Patrick Bateman is a successful ‘mergers and acquisitions’ manager of his father’s broking business, which he jokingly refers to as ‘murders and executions’. Not merely satisfied with the finer things in life, Bateman demands more, right down to sweating-out decisions on printing the supreme business card. Yet amongst all his minimalist interior design and detailed appreciation of yuppie consumer-culture, Bateman has a much darker and complex side he feels is beginning to take over. You see, he just can’t fight the inner urge to kill innocent people. Not from a distance, either, but violently mutilate people at close range, even within his own immaculate inner-city New York apartment, with a bloodlust normally reserved for prehistoric carnivores.

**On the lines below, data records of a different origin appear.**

/// One step back from a change. It is chosen where it may have taken a needed value; then what it takes by itself is needed no more, and what
/// it rests on is. Cost: for a change of one vertex a few steps for each word of a row, and what `are_all_consistent` and `keep_consistent`
/// cost; for a value taken by an edge or a crowd one step where it is not needed; for a set the words of each marked vertex's row, with a look
/// for the vertex among the set's.
pub(crate) fn go_back(
    walk: &WalkBack<'_>,
    entry: &Entry,
    marked: &mut [bool],
    needed: &mut [u64],
    room: &mut Room,
) -> Result<Choice, AllocError>
    requires sound { Sound walk.now.q.now walk.now.rows.now }
    requires sharers { walk.now.sharers.now ≡ walk.now.q.now }
    requires in_problem { IsInProblem walk.now.q.now (change_of walk.now.numbers.now entry.now) }
    requires held { AreRows (size walk.now.q.now.target) marked.old needed.old }
    requires size { length marked.old ≡ size walk.now.q.now.pattern }
    requires fit { IsFit (size walk.now.q.now.target) room.old }
    ensures step { (path : List (ℕ × ℕ)) → AreAt walk.now.at.now path
        → IfOk result (λ b. IsMade b walk.now.q.now walk.now.rows.now path
        (change_of walk.now.numbers.now entry.now)
        (values_of (size walk.now.q.now.target) marked.old needed.old)
        (values_of (size walk.now.q.now.target) marked.new needed.new)) }
    ensures fit { OnOk result (IsFit (size walk.now.q.now.target) room.new) }
{
    let values = count_values(walk.q);
    match entry.what {
        What::One(r, cause) => match cause {
            Cause::First => Ok(told_if(is_any_needed(marked, needed, values, r))),
            Cause::Guess(t) => Ok(told_if(by_guess(walk.q, r, t, marked, needed))),
            Cause::Vertex(p, t) => by_vertex(
                walk,
                Beside { p, t, r },
                marked,
                needed,
                &mut room.spare,
                &mut room.other,
                &mut room.counts,
            ),
            Cause::Nogood(name) => {
                let chosen = by_nogood(
                    walk,
                    name,
                    r,
                    marked,
                    needed,
                    &mut room.spare,
                    &mut room.pairs,
                )?;
                Ok(told_if(chosen))
            }
            Cause::Edge(p, u, direction) => Ok(told_if(by_edge(
                walk.q,
                Lost { p, r, u, direction },
                marked,
                needed,
                &mut room.set,
                &mut room.spare,
                &mut room.other,
            ))),
            Cause::Order(k, u, side) => Ok(told_if(by_order(
                walk.q,
                OutOfOrder { k, r, u, side },
                marked,
                needed,
                &mut room.set,
                &mut room.spare,
                &mut room.other,
            ))),
        },
        What::Others(centre, place) => Ok(told_if(by_set(
            walk.q,
            &BlockSet {
                centre,
                vertices: part(walk.numbers, place.start, place.middle),
                values: part(walk.numbers, place.middle, place.end),
            },
            marked,
            needed,
            &mut room.set,
            &mut room.spare,
            &mut room.other,
        ))),
        What::Over(p, t, direction, place) => Ok(told_if(by_crowd(
            walk.q,
            &Crowd {
                p,
                t,
                direction,
                vertices: part(walk.numbers, place.start, place.middle),
                values: part(walk.numbers, place.middle, place.end),
            },
            marked,
            needed,
            &mut room.set,
            &mut room.spare,
            &mut room.other,
        ))),
    }
}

Christian Bale‘s performance is so brilliantly hollow (like the character is supposed to be), the real fear is knowing any hope of mercy or remorse is out-of-the-question as many a victim falls into Bateman’s line-of-sight. Supporting Bale is a rather subdued yet effective Willem Dafoe as the detective slowly piecing together Bateman’s life of vice. Also effective is Reese Witherspoon as Bateman’s superficial fiance, and Chloe Sevigny as Bateman’s constantly oppressed secretary, blissfully unaware of her boss’s double-life, as she aspires to catch his dubious attention.

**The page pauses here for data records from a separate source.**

/// The encode that was found.
fn encode_words<'a>(matches: &ArgMatches<'a>) -> Option<Command<'a>>
    ensures words { result ≡ line.encode_of (rows_of (found_of matches.now)) }
    ensures ranges { IfSome result line.IsInRange }
{
    let pattern = name_at(matches, "pattern")?;
    let target = name_at(matches, "target")?;
    let ask = question_at(matches)?;
    Some(Command::Encode(EncodeWords {
        pattern,
        target,
        ask,
    }))
}

/// The check that was found.
fn check_words<'a>(matches: &ArgMatches<'a>) -> Option<Command<'a>>
    ensures { result ≡ line.check_of (rows_of (found_of matches.now)) }
{
    let encoding = name_at(matches, "encoding")?;
    let log = name_at(matches, "log")?;
    Some(Command::Check(CheckWords { encoding, log }))
}

/// The trim that was found.
fn trim_words<'a>(matches: &ArgMatches<'a>) -> Option<Command<'a>>
    ensures words { result ≡ line.trim_of (rows_of (found_of matches.now)) }
    ensures ranges { IfSome result line.IsInRange }
{
    let encoding = name_at(matches, "encoding")?;
    let log = name_at(matches, "log")?;
    let out = name_at(matches, "out")?;
    if out.as_str() == encoding.as_str() || out.as_str() == log.as_str() {
        return None;
    }
    Some(Command::Trim(TrimWords { encoding, log, out }))
}

/// The demo that was found.
fn demo_words<'a>(matches: &ArgMatches<'a>) -> Option<Command<'a>>
    ensures words { result ≡ line.demo_of (rows_of (found_of matches.now)) }
    ensures ranges { IfSome result line.IsInRange }
{
    let seed = given_seed(matches)?;
    let threads = threads_at(matches)?;
    let budget = budget_at(matches)?;
    Some(Command::Demo(DemoWords {
        seed,
        threads,
        budget,
    }))
}

/// The command of this name, with what was found for it.
fn named_command<'a>(name: &str, matches: &ArgMatches<'a>) -> Option<Command<'a>>
    ensures words { result ≡ line.named_command name.now (rows_of (found_of matches.now)) }
    ensures ranges { IfSome result line.IsInRange }
{
    if name == "solve" {
        solve_words(matches)
    } else if name == "verify" {
        verify_words(matches)
    } else if name == "encode" {
        encode_words(matches)
    } else if name == "check" {
        check_words(matches)
    } else if name == "trim" {
        trim_words(matches)
    } else if name == "demo" {
        demo_words(matches)
    } else {
        None
    }
}

/// The command that a parse entered.
fn entered_command<'a>(matches: &ArgMatches<'a>) -> Option<Command<'a>>
    ensures words { result ≡ line.entered_command (subcommand_rows_of matches.now) }
    ensures ranges { IfSome result line.IsInRange }
{
    match matches.subcommand() {
        Some((name, inner)) => named_command(name, inner),
        None => None,
    }
}

/// Why a parse that failed gives no command.
fn refusal_of(error: &Error) -> Refusal
    ensures { result ≡ Refusal.NotACommand → kind_of error.now ≢ OutOfMemory }
{
    match error.kind() {
        ErrorKind::OutOfMemory => Refusal::NoMemory,
        _ => Refusal::NotACommand,
    }
}

/// What `clap` finds among the words.
pub(crate) fn parsed<'a>(alloc: Global, words: &'a [String]) -> Result<ArgMatches<'a>, Refusal>
    ensures ok { IfOk result (λ m. (fault_of grammar (map string_bytes words.entry.now) ≡ [])
        × (subcommand_rows_of m ≡ subcommand_of grammar (map string_bytes words.entry.now))) }
    ensures refused { IsErrOf result Refusal.NotACommand
        → is_empty (fault_of grammar (map string_bytes words.entry.now)) ≡ false }
{
    let parser = whole_grammar(alloc)?;
    match parser.try_get_matches_from(words) {
        Ok(matches) => Ok(matches),
        Err(error) => Err(refusal_of(&error)),
    }
}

However controversial the subject matter or inadequate the ending, the real magic of American Psycho is the social commentary on the illustrious eighties yuppie culture. Whilst Bateman may doodle violent sketches of carnage on a restaurant napkin, he is also a well-researched guru on the genius of Phil Collins, Whitney Houston and other consumer-culture that is hysterically faithful to the mindless taste that characterised the eighties. Blending all these aspects with the idea that American society is so bland that it needs a splash of indiscriminate crime to lend more substance, this is a thought-provoking reflection on the thoughts we have every day. Bateman just happens to act them out…or does he?

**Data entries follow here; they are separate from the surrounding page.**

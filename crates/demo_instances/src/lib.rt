//! The two problems of the demonstration, made from a seed.
//!
//! Both are made from the words of one generator, xoshiro256++ (Blackman and Vigna, 2021): a random graph of 150 vertices
//! with a pattern of ten that was planted in it, to be found as an induced part, and a random graph of two sides of 30
//! vertices, in which a cycle of five is to be looked for in vain. The layer above may rely on which graphs they are, on
//! the planted pattern embedding, and on the cycle not embedding, whatever the seed.
#![tactic(auto)]

mod chosen;
mod instances;
mod laws;
mod making;
#[cfg(test)]
mod tests;
mod words;

pub use instances::{cycle_problem, planted_problem};
pub use laws::{cycle_has_none, no_five_cycle, part_embeds, planted_embeds};
pub use words::Words;
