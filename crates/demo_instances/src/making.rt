//! Graphs from a test of two vertices.

ghost use Rattle.std.specs.Prelude.{◌≡◌, ℕ, ◌<◌, ◌≤◌, Bool, IfOk};
ghost use Rattle.graph_theory.specs.Plain.{IsPlain};
ghost use Rattle.demo_instances.specs.Shapes.{IsMadeOf};
ghost use Rattle.demo_instances.specs.Listing.{ListsThose};

use graph_rows::Graph;
use lad_reader::{EdgeLabels, GraphParts, Labels, LadKind, NeighbourLists};
use std::alloc::{AllocError, Global};

/// A test of two vertices, in this order.
pub(crate) trait Pairs {
    /// How many vertices there are.
    ghost size: { Self → ℕ };

    /// Whether the test holds of two of them.
    ghost pair: { Self → ℕ → ℕ → Bool };

    /// What the test itself needs.
    ghost good: { Self → Type 0 };

    /// Whether the test holds of `a` and `b`.
    fn has(&self, a: usize, b: usize) -> bool
        requires good { good self.now }
        requires from { a < size self.now }
        requires to { b < size self.now }
        ensures { result ≡ pair self.now a b };
}

/// The vertices of which the test holds with `a` before them.
fn listed<P: Pairs>(alloc: Global, pairs: &P, a: usize, size: usize) -> Result<Vec<u32>, AllocError>
    requires good { P.good pairs.now }
    requires size { size ≡ P.size pairs.now }
    requires few { size ≤ 8192 }
    requires from { a < size }
    ensures { IfOk result (λ list. ListsThose size size (P.pair pairs.now a) list.items) }
{
    let mut list = Vec::new(alloc);
    for b in 0..size {
        if pairs.has(a, b) {
            list.push(b as u32)?;
        }
    }
    Ok(list)
}

/// The graph of so many vertices with label 0 in which two have an edge where the test holds of them in one of their two
/// orders. Cost: two tests for each two vertices.
pub(crate) fn graph_by<P: Pairs>(alloc: Global, pairs: &P, size: usize) -> Result<Graph, AllocError>
    requires good { P.good pairs.now }
    requires size { size ≡ P.size pairs.now }
    requires few { size ≤ 8192 }
    ensures made { IfOk result (IsMadeOf size (P.pair pairs.now)) }
    ensures plain { IfOk result IsPlain }
{
    let mut lists = Vec::new(alloc);
    for a in 0..size {
        let list = listed(alloc, pairs, a, size)?;
        lists.push(list)?;
    }
    let labels = vec![in alloc; 0u32; size]?;
    let neighbours = NeighbourLists::from_vecs(alloc, &lists)?;
    let parts = GraphParts {
        kind: LadKind::Lad,
        labels: Labels::from_vec(labels),
        neighbours,
        edge_labels: EdgeLabels::none(alloc),
    };
    Graph::new(alloc, &parts)
}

The ultimate punch-line delivered in Bret Easton Ellis’s novel was whether much of the action takes place in the killer’s warped mind rather than by his hand. Here, the same question is pondered, yet not really followed through on, making for an ending that still leaves more questions than answers. Not that this is is necessarily a bad thing, it’s just the majority of American Psycho is so slick and well-polished, the rather lazy ending lets down the overall atmosphere created. The film oscillates between horror, fantasy, and sarcasm, always under the sign of black humour. Scenes of Bateman’s world are hilarious, from the best business card contest among his colleagues to the orgy with prostitutes where he just looks at himself in the mirror while filming the spectacle, finally moving on to the scenes of unreal violence. The critique is aimed to be sharp and spares no-one. Colleagues, fiancee, lawyers, prostitutes and even the detective, they’re all gnawed away by vice, desire to be seen, money, perversion, madness, cruelty, and Bateman unites all of these qualities, absorbing them seamlessly. In fact, he seems to have been chosen to carry out all the sins of this world, a modern Sodom and Gommorah, and the fact that he’s not punished for his crimes (whether they’re fictitious or not has little importance) has just one goal, as he becomes conscientious he is to be tortured for all the vices of his world.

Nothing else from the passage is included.